At the moment, Casselli is aiming to complete a prototype unit before the end of winter, in the hope of seeing what the work looks like against a backdrop of snow. He envisions the Antioch College “golf course” as an ideal location for the installation, but hasn’t finalized that part of the plan yet. More important than the future location of “Landline,” perhaps, is how it will eventually be encountered: out in the open world, as folks pass by. Casselli said he’s drawn to creating installations that remove the built-in expectations of gallery viewing.
“There’s this idea of you happening upon it instead of me inviting you to come see it,” he said. “You’re driving down the road and you look over and there it is — for me, that’s really exciting.”

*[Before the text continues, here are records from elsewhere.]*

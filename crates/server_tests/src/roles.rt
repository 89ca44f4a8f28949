//! Servers that fail over while a slot goes from one to another.
ghost use Rattle.std.specs.Prelude.{◌≡◌, IfOk, length};

use crate::plans::call;
use crate::script::Replies;
use crate::servers::{MASTER, NONE, OK, SLAVE, ScriptedPort, port, port_after};
use byte_texts::Memory;
use cluster_admin::{AdminCommand, AdminReply, PortFault, Survey};
use key_slots::{NodeId, OwnerTable, Slot};
use redis_servers::ServersSeat;
use std::alloc::Global;
use std::process::Abort;
use std::test::Fail;

/// CLUSTER NODES of n1, which owns the slot 5, or is a replica.
pub const OWNS: &[u8] = b"$107\r\n\
        bbbbbbbbbbbbbbbbbbbbbbbbbbbbbbbbbbbbbbbb 127.0.0.1:7001@17001 myself,master - 0 0 4 connected 5 5461-10922\n\
        \r\n";

const DISOWNS: &[u8] = b"$93\r\n\
        bbbbbbbbbbbbbbbbbbbbbbbbbbbbbbbbbbbbbbbb 127.0.0.1:7001@17001 myself,slave - 0 0 4 connected\n\
        \r\n";

/// The replies of the source n0 and of the target n1, and what is said where the slot 5 goes from one to the other.
const FAILOVERS: &[(Replies, Replies, &[u8])] = &[
    (
        &[OK, SLAVE],
        NONE,
        b"n0 is no master any more: its shard failed over before the slot was given away",
    ),
    (
        &[OK, b"-NOPERM this user has no permissions\r\n"],
        NONE,
        b"NOPERM this user has no permissions; the user needs \
            +cluster +migrate +client +select +restore +restore-asking and ~*",
    ),
    (&[OK, OK], NONE, b"n0 answered something strange"),
    (
        &[OK, MASTER],
        &[OK, DISOWNS],
        b"n1 does not own the slot that it took over: its shard failed over",
    ),
    (
        &[OK, MASTER, SLAVE],
        &[OK, OWNS],
        b"n0 is no master any more: writes of the slot that its shard acknowledged since may be lost",
    ),
];

#[test]
fn failovers_end_the_run(rt: HostRuntime) -> Result<(), Fail> {
    let alloc = rt.alloc();
    for (source, target, said) in FAILOVERS {
        let mut port = port(alloc, *source, *target, NONE)?;
        let mut seat = ServersSeat::new(alloc)?;
        let slot = Slot::of(5);
        let migrating = AdminCommand::Migrating(slot, NodeId::of(1));
        drop(call(&mut port, &mut seat, 0, migrating)?);
        let told = call(
            &mut port,
            &mut seat,
            1,
            AdminCommand::SetNode(slot, NodeId::of(1)),
        );
        assert!(rt; told.is_err());
        match port.said() {
            Some(text) => assert!(rt; text.get() == *said),
            None => assert!(rt; false),
        }
    }
    Ok(())
}

/// The survey of three servers of which n2 has the slot 5 alone.
fn one_slot(alloc: Global) -> Result<Survey, Memory>
    ensures { IfOk result (λ v. length v.rows ≡ 3) }
{
    let mut owners = OwnerTable::even(alloc, 3, 2)?;
    owners.set(Slot::of(5), NodeId::of(2));
    Survey::closed(alloc, &owners)
}

/// CLUSTER NODES of n0, which owns the slot 5 by then.
const TAKES: &[u8] = b"$101\r\n\
        aaaaaaaaaaaaaaaaaaaaaaaaaaaaaaaaaaaaaaaa 127.0.0.1:7000@17000 myself,master - 0 0 4 connected 0-8191\n\
        \r\n";

const REPLICA: &[u8] = b"-ERR Please use SETSLOT only with masters.\r\n";

/// A node that gave its last slot away may be a replica by then.
#[test]
fn an_emptied_node_may_be_a_replica(rt: HostRuntime) -> Result<(), Fail> {
    let alloc = rt.alloc();
    let source: Replies = &[OK, MASTER, SLAVE, REPLICA];
    let mut port = port_after(alloc, one_slot(alloc)?, &[OK, TAKES], NONE, source)?;
    let mut seat = ServersSeat::new(alloc)?;
    assert!(rt; is_emptied(&mut port, &mut seat)?);
    Ok(())
}

const UNBLOCKED: &[u8] =
    b"-UNBLOCKED force unblock from blocking operation, instance state changed\r\n";

const NOREPLICAS: &[u8] = b"-NOREPLICAS Not enough good replicas to write.\r\n";

/// It may become one while it waits for its own replicas, or these may not answer.
#[test]
fn an_emptied_node_may_turn_into_a_replica(rt: HostRuntime) -> Result<(), Fail> {
    let alloc = rt.alloc();
    let source: Replies = &[OK, MASTER, SLAVE, UNBLOCKED];
    let mut port = port_after(alloc, one_slot(alloc)?, &[OK, TAKES], NONE, source)?;
    let mut seat = ServersSeat::new(alloc)?;
    assert!(rt; is_emptied(&mut port, &mut seat)?);
    let source: Replies = &[OK, MASTER, MASTER, NOREPLICAS];
    let mut port = port_after(alloc, one_slot(alloc)?, &[OK, TAKES], NONE, source)?;
    let mut seat = ServersSeat::new(alloc)?;
    assert!(rt; is_emptied(&mut port, &mut seat)?);
    Ok(())
}

/// n2 gives its slot to n0: whether it is done.
fn is_emptied(port: &mut ScriptedPort, seat: &mut ServersSeat) -> Result<bool, PortFault>
    requires { length port.old.setup.book ≡ 3 }
{
    let (slot, target) = (Slot::of(5), NodeId::of(0));
    drop(call(port, seat, 2, AdminCommand::Migrating(slot, target))?);
    drop(call(port, seat, 0, AdminCommand::SetNode(slot, target))?);
    let told = call(port, seat, 2, AdminCommand::SetNode(slot, target))?;
    let is_done = matches!(&told, AdminReply::Ok);
    drop(told);
    Ok(is_done)
}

In that way, he said, he aims for “Landline” to be less an exhibition than an interruption — a glowing, hovering mark in the world that asks for attention without demanding expertise. As with all of his work, Casselli said that even when all of its component works are finished and displayed, “Landline” will need one more thing before it’s completed.
“I really feel it’s important that the piece isn’t actually done until someone sees it, until they engage with it,” he said. “Because that’s the completion of it. And it starts to become not mine. ... I don’t feel the necessity for authorship to identify that it’s mine.”
And though the body itself is typically not something Casselli’s work depicts, he said it’s a central figure around which his installations are built. Even when his work references the body through materials and risk, Casselli said he avoids the literal figure so that the receiver of the work can place themselves within it.
“My idea is that the viewer imagines themselves — that’s where the figure is,” Casselli said. “That’s why I talk about the viewer being the final thing — they put themselves into it.”
Casselli said there’s not yet a tight timeline for when “Landline” will appear, hovering and waiting for viewers to add the work’s final layer. But as winter eventually melts into spring, keep your eyes on the horizon, and you may spot one, two, three, four, five lights, glowing in the dark.